Kabarnoken.com- Konflik berkepanjangan yang melibatkan Organisasi Papua Merdeka (OPM) telah memakan banyak korban jiwa, termasuk dari kalangan anggotanya sendiri. Puluhan hingga ratusan anggota OPM dilaporkan tewas dalam bentrokan bersenjata dengan aparat keamanan di berbagai wilayah Papua dalam beberapa tahun terakhir. Namun, sebuah pertanyaan besar mulai mencuat dari masyarakat: apakah keluarga korban dari anggota OPM mendapat jaminan atau perhatian setelah kehilangan anggota keluarga mereka?
Situasi ini berbeda dengan aparat negara yang gugur dalam tugas. Negara menyediakan tunjangan, santunan, bahkan beasiswa pendidikan bagi anak-anak pahlawan bangsa. Sementara itu, keluarga dari anggota OPM justru kerap hidup dalam bayang-bayang intimidasi, pengucilan sosial, bahkan trauma berkepanjangan.

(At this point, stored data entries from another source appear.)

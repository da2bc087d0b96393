// The refusals of a table that is no map.
ghost use Rattle.std.specs.Prelude.{◌≡◌, false};
ghost use Rattle.model.specs.Map.{least_breaking, is_map};
ghost use Rattle.model.specs.Checks.{in_order, pass, dim_ok, map_checks};
ghost use Rattle.answers.specs.Openings.{refusing};

use crate::{Reason, Refused};
use reading::Rule;

// The first rule that d breaks, with the least link that breaks it, where d is the least slot that breaks a rule.
pub fn broken_rule(n: u32, table: &[u32], d: u32) -> Refused
    requires { (dim_ok n ≡ pass) × (is_map n table.now ≡ false) × (d ≡ least_breaking n table.now) }
    ensures { in_order (map_checks n table.now) ≡ refusing result }
{
    if let Some(dead) = reading::breaking_link(n, table, d, Rule::LinksLive) {
        return Refused {
            reason: Reason::LinkNotLive,
            place: d,
            count: dead,
        };
    }
    if let Some(lost) = reading::breaking_link(n, table, d, Rule::LinksReturn) {
        return Refused {
            reason: Reason::LinkNotReturned,
            place: d,
            count: lost,
        };
    }
    if let Some(lower) = reading::breaking_link(n, table, d, Rule::PairsCommute) {
        return Refused {
            reason: Reason::PairNotReturning,
            place: d,
            count: lower,
        };
    }
    // n is 2, and link 3 leaves d
    Refused {
        reason: Reason::Link3NotFree,
        place: d,
        count: 3,
    }
}
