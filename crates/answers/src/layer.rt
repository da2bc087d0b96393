// The checks that sheet, remove, split and insert begin with.
ghost use Rattle.std.specs.Prelude.{◌≡◌, true};
ghost use Rattle.model.specs.Map.{is_map};
ghost use Rattle.model.specs.Checks.{pass, in_order, dim_ok, table_ok, block_ok};
ghost use Rattle.answers.specs.Openings.{layer_checks, wall_checks, Settles};

use crate::all::opening;
use crate::{Reason, Refused};

// Passes where check 8 passes for a map, else the refusal.
fn blocks(n: u32, table: &[u32]) -> Result<(), Refused>
    requires { (dim_ok n ≡ pass) × (table_ok table.now ≡ pass) × (is_map n table.now ≡ true) }
    ensures { Settles result (block_ok n table.now) }
{
    match block_test::least_wrong(n, table) {
        Some(wrong) => Err(Refused {
            reason: Reason::NoBlockMap,
            place: wrong,
            count: 0,
        }),
        None => Ok(()),
    }
}

// Passes where the checks up to 8 pass for the layer of d, else the refusal. Whether 3 and 4 pass the caller says.
pub fn opening_layer(
    n: u32,
    table: &[u32],
    marks: bool,
    journal: bool,
    d: u32,
) -> Result<(), Refused>
    ensures { Settles result (in_order (layer_checks marks journal n table.now d)) }
{
    opening(n, table, marks, journal)?;
    if !reading::live(table, d) {
        return Err(Reason::NotLive.into());
    }
    blocks(n, table)
}

// The same for a call that has no dart.
pub fn opening_wall(n: u32, table: &[u32], marks: bool, journal: bool) -> Result<(), Refused>
    ensures { Settles result (in_order (wall_checks marks journal n table.now)) }
{
    opening(n, table, marks, journal)?;
    blocks(n, table)
}
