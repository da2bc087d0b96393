// The checks that unsew begins with.
ghost use Rattle.model.specs.Checks.{in_order};
ghost use Rattle.answers.specs.Openings.{side_checks, Settles};

use crate::all::opening;
use crate::{Reason, Refused};

// Passes where the checks up to 7 pass for the side of d by link i, else the refusal. Whether 4 passes the caller says.
pub fn opening_side(n: u32, table: &[u32], journal: bool, i: u32, d: u32) -> Result<(), Refused>
    ensures { Settles result (in_order (side_checks journal n table.now i d)) }
{
    opening(n, table, true, journal)?;
    if i > n {
        return Err(Reason::OutOfRange.into());
    }
    if !reading::live(table, d) {
        return Err(Reason::NotLive.into());
    }
    Ok(())
}
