// The checks 1 to 4, and those of a map.
ghost use Rattle.model.specs.Checks.{in_order};
ghost use Rattle.answers.specs.Openings.{opening_checks, Settles};

use crate::broken::broken_rule;
use crate::{Reason, Refused};

// Passes where these checks pass, else the refusal. Whether 3 and 4 pass the caller says: true, if it has no marks or no
// journal.
pub fn opening(n: u32, table: &[u32], marks: bool, journal: bool) -> Result<(), Refused>
    ensures { Settles result (in_order (opening_checks marks journal n table.now)) }
{
    if !reading::dim_fits(n) {
        return Err(Reason::WrongDimension.into());
    }
    if !reading::table_fits(table) {
        return Err(Reason::WrongTableLength.into());
    }
    if !marks {
        return Err(Reason::WrongMarksLength.into());
    }
    if !journal {
        return Err(Reason::WrongJournal.into());
    }
    match reading::least_breaking(n, table) {
        Some(least) => Err(broken_rule(n, table, least)),
        None => Ok(()),
    }
}
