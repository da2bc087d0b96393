// What every call gives back, and the checks that calls begin with: up to those of a map for all, up to 7 for the calls on a side,
// up to 8 for those on a layer.
#![tactic(auto)]

pub use all::opening;
pub use layer::{opening_layer, opening_wall};
pub use refusals::{Reason, Refused};
pub use side::opening_side;

mod all;
mod broken;
mod layer;
mod side;

ghost use Rattle.std.specs.Prelude.{◌≡◌};
ghost use Rattle.answers.specs.Answers.{told};

// "Every call gives number, place, count": the place and the count of a call that is carried out.
#[derive(Clone, Copy, Debug, PartialEq, Eq)]
pub struct Done {
    pub place: u32,
    pub count: u32,
}

// What a call gives: that it is carried out, by number 0, or why it is refused.
pub type Answer = Result<Done, Refused>;

// The three numbers of an answer, as a program is told them.
#[derive(Clone, Copy, Debug, PartialEq, Eq)]
pub struct Told {
    pub number: u32,
    pub place: u32,
    pub count: u32,
}

impl From<Answer> for Told {
    ghost from_gives = { λ answer given. given ≡ told answer };

    fn from(answer: Answer) -> Told {
        match answer {
            Ok(done) => Told {
                number: 0,
                place: done.place,
                count: done.count,
            },
            Err(refused) => Told {
                number: refused.reason.number(),
                place: refused.place,
                count: refused.count,
            },
        }
    }
}
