//! Sums of values, for ada and each asset.

ghost use Rattle.std.specs.Prelude.{ℕ, ◌≤◌, ◌^◌, ◌*◌};
ghost use Rattle.model.specs.Value.{Asset, Ada, Named};
ghost use Rattle.std.specs.Map.Iter.{ShowsInOrder, ShowsInReverse, deref_pair};
ghost use Rattle.value.specs.Quantities.{IsWithin};
ghost use Rattle.value.specs.Sums.{total_in};
ghost use Rattle.value.specs.Listed.{IsTidy};

use crate::amounts::{AllAmounts, Amounts};
use crate::assets::Policy;
use crate::quantity::Quantity;
use crate::side::Side;
use ident::ScriptHash;
use std::alloc::{AllocError, Global};
use std::collections::btree_map;

/// Sums of values, for ada and each asset, in signed numbers of 128 bits. They are exact: at most 2^62 values
/// are added or taken, each with at most 2^64 of an asset. Just the assets of which the sum is not 0 are kept, and
/// listed.
#[derive(Drop)]
pub struct Totals {
    alloc: Global,
    values: u64,
    /// Lovelace.
    coin: i128,
    assets: AllAmounts,
    ghost few: { values ≤ 2 ^ 62 },
    ghost within: { (asset : Asset) → IsWithin (values * 2 ^ 64) (total_in coin assets asset) },
    ghost tidy: { IsTidy assets },
}

impl Totals {
    ghost use Rattle.std.specs.Prelude.{◌≡◌, ◌≢◌, ◌<◌, ◌+◌, ◌+ℤ◌, ◌↔◌, ℤ, List, pos, map, IsTrue, OnOk, OnErr};
    ghost use Rattle.ident.specs.Kinds.{ScriptHash};
    ghost use Rattle.value.specs.Differing.{PoliciesDiffer};
    ghost use Rattle.value.specs.Sides.{sided};
    ghost use Rattle.value.specs.Listed.{IsListed, IsInOrder, listed};
    ghost use Rattle.value.specs.Totals.{total_of, change_of, policies_met};
    ghost use Rattle.value.specs.View.{policy_of};

    /// The sums of no values, all 0. Takes no memory.
    pub fn new(alloc: Global) -> Totals
        ensures values { result.values ≡ 0 }
        ensures zero { (asset : Asset) → total_of result asset ≡ pos 0 }
    {
        Totals {
            alloc,
            values: 0,
            coin: 0,
            assets: AllAmounts::new(alloc),
        }
    }

    /// How many values were added or taken so far.
    pub fn values(&self) -> u64
        ensures { result ≡ self.now.values }
    {
        self.values
    }

    /// The sum of lovelace.
    pub fn coin(&self) -> i128
        ensures { result ≡ total_of self.now Ada }
    {
        self.coin
    }

    /// The sum under this name of this policy, 0 where it was never met. Takes no memory.
    pub fn amount(&self, policy: &ScriptHash, name: &[u8]) -> i128
        ensures { result ≡ total_of self.now (Named policy.now.bytes name.now) }
    {
        self.assets.amount(policy, name)
    }

    /// What is listed: the policies with an asset of which the sum is not 0, in the order of their bytes, each with the
    /// names of these assets and their sums. An asset of which as much was taken as was added is not among them. Takes
    /// no memory.
    pub fn policies(&self) -> btree_map::Iter<'_, ScriptHash, Amounts>
        ensures rest { result ≡ policies_met self.now }
        ensures runs { ShowsInOrder (deref_pair {K = ScriptHash} {X = Amounts}) }
        ensures runs_back { ShowsInReverse (deref_pair {K = ScriptHash} {X = Amounts}) }
        ensures listed { (policy name : List ℕ) (sum : ℤ) → IsListed policy name sum (listed (policies_met self.now)) ↔
            ((total_of self.now (Named policy name) ≡ sum) × (sum ≢ pos 0)) }
        ensures ordered { IsInOrder (listed (policies_met self.now)) }
    {
        self.assets.iter()
    }

    /// Whether as much was taken as was added, of ada and of each asset. Takes constant time and no memory.
    pub fn is_balanced(&self) -> bool
        ensures { IsTrue result ↔ ((asset : Asset) → total_of self.now asset ≡ pos 0) }
    {
        self.coin == 0 && self.assets.is_empty()
    }

    /// Adds a value of `coin` lovelace and these assets, or takes it. Takes a few look-ups for each policy and each of
    /// its names among those that are listed, and memory for those that are new. Err where memory runs out: the sums
    /// and what is listed are as they were.
    pub(crate) fn change<Q: Quantity>(
        &mut self,
        coin: u64,
        assets: &[Policy<Q>],
        side: Side,
    ) -> Result<(), AllocError>
        requires room { self.old.values < 2 ^ 62 }
        requires differ { PoliciesDiffer (map policy_of assets.now) }
        ensures sums { OnOk result ((asset : Asset) →
            total_of self.new asset ≡ total_of self.old asset +ℤ
            sided side (change_of Q.whole coin (map policy_of assets.now) asset)) }
        ensures counted { OnOk result (self.new.values ≡ self.old.values + 1) }
        ensures same { OnErr result ((asset : Asset) → total_of self.new asset ≡ total_of self.old asset) }
        ensures listing { OnErr result (listed (policies_met self.new) ≡ listed (policies_met self.old)) }
        ensures uncounted { OnErr result (self.new.values ≡ self.old.values) }
    {
        // What can fail comes first, and changes no sum.
        self.assets.prepare(self.alloc, assets)?;
        self.coin += side.change_by(i128::from(coin));
        self.assets.change(assets, side);
        self.assets.tidy(assets);
        self.values += 1;
        Ok(())
    }
}
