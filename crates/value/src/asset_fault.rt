//! Why no value and no mint is made of parts.

ghost use Rattle.std.specs.Prelude.{◌≡◌};
ghost use Rattle.value.specs.declared.asset_fault.AssetFault.TheVariants.{OutOfMemory};

use std::alloc::{AllocError, AllocFailed};
use thiserror::Error;

/// What is wrong with the assets, the first of these that is; or that memory ran out where nothing is.
#[derive(Clone, Copy, Debug, PartialEq, Eq, Error)]
pub enum AssetFault {
    /// An asset name has more than 32 bytes.
    #[error("an asset name of more than 32 bytes")]
    NameTooLong,
    /// A quantity is 0.
    #[error("a quantity of 0")]
    ZeroQuantity,
    /// Two of them are of one policy and name.
    #[error("an asset that stands there twice")]
    Repeated,
    /// Memory ran out.
    #[error("out of memory")]
    OutOfMemory,
}

impl From<AllocError> for AssetFault {
    ghost from_gives = { λ _ e. e ≡ OutOfMemory };

    fn from(_error: AllocError) -> AssetFault {
        AssetFault::OutOfMemory
    }
}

Pdt. Markus Kobogau, tokoh gereja di Wamena, menambahkan bahwa sering kali keluarga korban bahkan tidak diberitahu mengenai kematian anggota keluarganya. Banyak dari mereka yang hanya mendapat kabar dari mulut ke mulut atau mendengar lewat media sosial.
“Ini bukan perjuangan yang beradab. Jika mereka mengklaim berjuang untuk Papua, mereka seharusnya menjunjung tinggi martabat dan memberikan jaminan pada keluarga anggotanya. Faktanya, tidak ada. Banyak anak menjadi yatim, istri menjadi janda tanpa arah hidup,” ujarnya, Minggu (3/8/2025).
Beberapa keluarga korban OPM juga mulai menyuarakan kekecewaannya secara terbuka. Mereka merasa diperalat oleh segelintir elite OPM yang tinggal di luar negeri dan menikmati kehidupan aman, sementara anak-anak Papua dijadikan tameng dalam konflik yang tidak jelas arah dan tanggung jawabnya.
Dengan semakin banyaknya korban jiwa di kalangan OPM, masyarakat mulai mempertanyakan legitimasi dan moralitas dari gerakan ini. Banyak yang kini berharap bahwa anak-anak muda Papua tidak lagi terjebak dalam pola kekerasan yang tidak membawa keadilan, melainkan kesengsaraan berkepanjangan.